Quedamos en silencio un largo rato. De pronto rompió a llorar. Ni siquiera me inmuté. Era tan predecible, era tan obvio, tan razonable que yo mismo deseé poder llorar con él. Una vida vista más hacia adentro que hacia afuera nos había hecho únicos, inseparables, miserables, hermanos.

—¿Sabes? Deberías ponerte hielo en ese moretón —me dijo con la voz entrecortada y sangrante.

Las ideas son invaluables y solo están al alcance de los que las persiguen en detrimento de perseguir las miserias (enchapadas en brillantinas) que la sociedad tiene para ofrecer.

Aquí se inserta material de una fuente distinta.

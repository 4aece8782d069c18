//! The native functions of numbers (MQL5 Reference, Math Functions; NormalizeDouble).
ghost use Rattle.natives.specs.declared.native.Native.TheVariants as natives;
ghost use Rattle.mql_meaning.specs.Natives.{computes};
ghost use Rattle.native_arguments.specs.Arguments.{all_shown};
ghost use Rattle.native_arguments.specs.Done.{Computes};

use crate::number_parts::{
    ceiling, floor, greatest, is_number, least, raised_to, rest, root, rounded, size, with_decimals,
};
use mql_meaning::Store;
use native_arguments::{
    Argument, NativeDone, double_number, one_double, one_value, two_doubles, two_values,
};
use std::alloc::Global;
use store_cells::{End, Fault};

/// `MathAbs`.
pub fn math_abs(
    alloc: Global,
    arguments: &[Argument<'_>],
    store: &Store,
) -> Result<NativeDone, Fault>
    ensures { Computes (computes natives.MathAbs (all_shown arguments.now)) result store.now }
{
    match one_value(arguments) {
        Some(first) => size(alloc, first, store),
        None => Err(Fault::End(End::Stuck)),
    }
}

/// `MathMax`.
pub fn math_max(
    alloc: Global,
    arguments: &[Argument<'_>],
    store: &Store,
) -> Result<NativeDone, Fault>
    ensures { Computes (computes natives.MathMax (all_shown arguments.now)) result store.now }
{
    match two_values(arguments) {
        Some((first, second)) => greatest(alloc, first, second, store),
        None => Err(Fault::End(End::Stuck)),
    }
}

/// `MathMin`.
pub fn math_min(
    alloc: Global,
    arguments: &[Argument<'_>],
    store: &Store,
) -> Result<NativeDone, Fault>
    ensures { Computes (computes natives.MathMin (all_shown arguments.now)) result store.now }
{
    match two_values(arguments) {
        Some((first, second)) => least(alloc, first, second, store),
        None => Err(Fault::End(End::Stuck)),
    }
}

/// `MathFloor`.
pub fn math_floor(
    alloc: Global,
    arguments: &[Argument<'_>],
    store: &Store,
) -> Result<NativeDone, Fault>
    ensures { Computes (computes natives.MathFloor (all_shown arguments.now)) result store.now }
{
    match one_double(arguments) {
        Some(first) => floor(alloc, first, store),
        None => Err(Fault::End(End::Stuck)),
    }
}

/// `MathCeil`.
pub fn math_ceil(
    alloc: Global,
    arguments: &[Argument<'_>],
    store: &Store,
) -> Result<NativeDone, Fault>
    ensures { Computes (computes natives.MathCeil (all_shown arguments.now)) result store.now }
{
    match one_double(arguments) {
        Some(first) => ceiling(alloc, first, store),
        None => Err(Fault::End(End::Stuck)),
    }
}

/// `MathRound`.
pub fn math_round(
    alloc: Global,
    arguments: &[Argument<'_>],
    store: &Store,
) -> Result<NativeDone, Fault>
    ensures { Computes (computes natives.MathRound (all_shown arguments.now)) result store.now }
{
    match one_double(arguments) {
        Some(first) => rounded(alloc, first, store),
        None => Err(Fault::End(End::Stuck)),
    }
}

/// `MathSqrt`.
pub fn math_sqrt(
    alloc: Global,
    arguments: &[Argument<'_>],
    store: &Store,
) -> Result<NativeDone, Fault>
    ensures { Computes (computes natives.MathSqrt (all_shown arguments.now)) result store.now }
{
    match one_double(arguments) {
        Some(first) => root(alloc, first, store),
        None => Err(Fault::End(End::Stuck)),
    }
}

/// `MathMod`.
pub fn math_mod(
    alloc: Global,
    arguments: &[Argument<'_>],
    store: &Store,
) -> Result<NativeDone, Fault>
    ensures { Computes (computes natives.MathMod (all_shown arguments.now)) result store.now }
{
    match two_doubles(arguments) {
        Some((first, second)) => rest(alloc, first, second, store),
        None => Err(Fault::End(End::Stuck)),
    }
}

/// `MathPow`.
pub fn math_pow(
    alloc: Global,
    arguments: &[Argument<'_>],
    store: &Store,
) -> Result<NativeDone, Fault>
    ensures { Computes (computes natives.MathPow (all_shown arguments.now)) result store.now }
{
    match two_doubles(arguments) {
        Some((first, second)) => raised_to(alloc, first, second, store),
        None => Err(Fault::End(End::Stuck)),
    }
}

/// `MathIsValidNumber`.
pub fn math_is_valid_number(
    alloc: Global,
    arguments: &[Argument<'_>],
    store: &Store,
) -> Result<NativeDone, Fault>
    ensures { Computes (computes natives.MathIsValidNumber (all_shown arguments.now)) result store.now }
{
    match one_double(arguments) {
        Some(first) => is_number(alloc, first, store),
        None => Err(Fault::End(End::Stuck)),
    }
}

/// `NormalizeDouble`.
pub fn normalize_double(
    alloc: Global,
    arguments: &[Argument<'_>],
    store: &Store,
) -> Result<NativeDone, Fault>
    ensures { Computes (computes natives.NormalizeDouble (all_shown arguments.now)) result store.now }
{
    match double_number(arguments) {
        Some((first, second)) => with_decimals(alloc, first, second, store),
        None => Err(Fault::End(End::Stuck)),
    }
}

Eso fue lo último que recuerdo escucharle. Solo sé que nos vinimos abajo. Volví a mí estando solo, caminando hacia una dirección errada. «Fe de ratas. Fe de erratas. El título, el título» me repetía a mí mismo. De pronto terminé en el suelo. Sin darme cuenta cómo, desperté luego de unos segundos de inconsciencia. Mi nariz se aplastaba contra el suelo. Comprobé mi botellita de whisky: estaba intacta.

***

Me acerqué a una parada de autobús y me senté a beberla. Me miré las manos. Las volteé al derecho y al revés. Recordé que de esa manera recuerdo quién soy. Estaban negras de suciedad. Una sonrisilla de amargura asomó en mi rostro. Luego observé la noche. Ya no era de noche. Se notaba la luz del alba próxima. Eso me consternó. No había nadie en la calle. No podía creer mi soledad. Me incorporé e intenté ubicarme. Algo me hizo caminar en cierta dirección con seguridad. Luego de unos minutos eché un vistazo hacia atrás. De pronto vi a Raúl, o al menos una figura idéntica, en el mismo sitio donde yo me había caído. Estaba ahí, sentado con las piernas en círculo y mirando fijamente el suelo, en medio de la vía de los coches, pero eso no parecía importarle. Entonces vi cómo se miraba las manos, al derecho y al revés.

***

En ese momento tropecé un poco y casi vuelvo a caer. Cuando me recompuse volví a mirar atrás y ya no vi más a Raúl. Además, me encontraba casi donde empecé, es decir junto a la parada de autobús. Intenté pensar en Cecilia. La imaginé pero no la encontré entre mis recuerdos. No pude recordar cómo lucía o cómo era el tono de su voz. Una imagen difusa, algo que ver con su cabello y su perfil, fue lo único que se me atravesó. La cabeza me daba vueltas y sentía todos los deseos del mundo de estar con ella. Pero entonces yo también comprendí la soledad.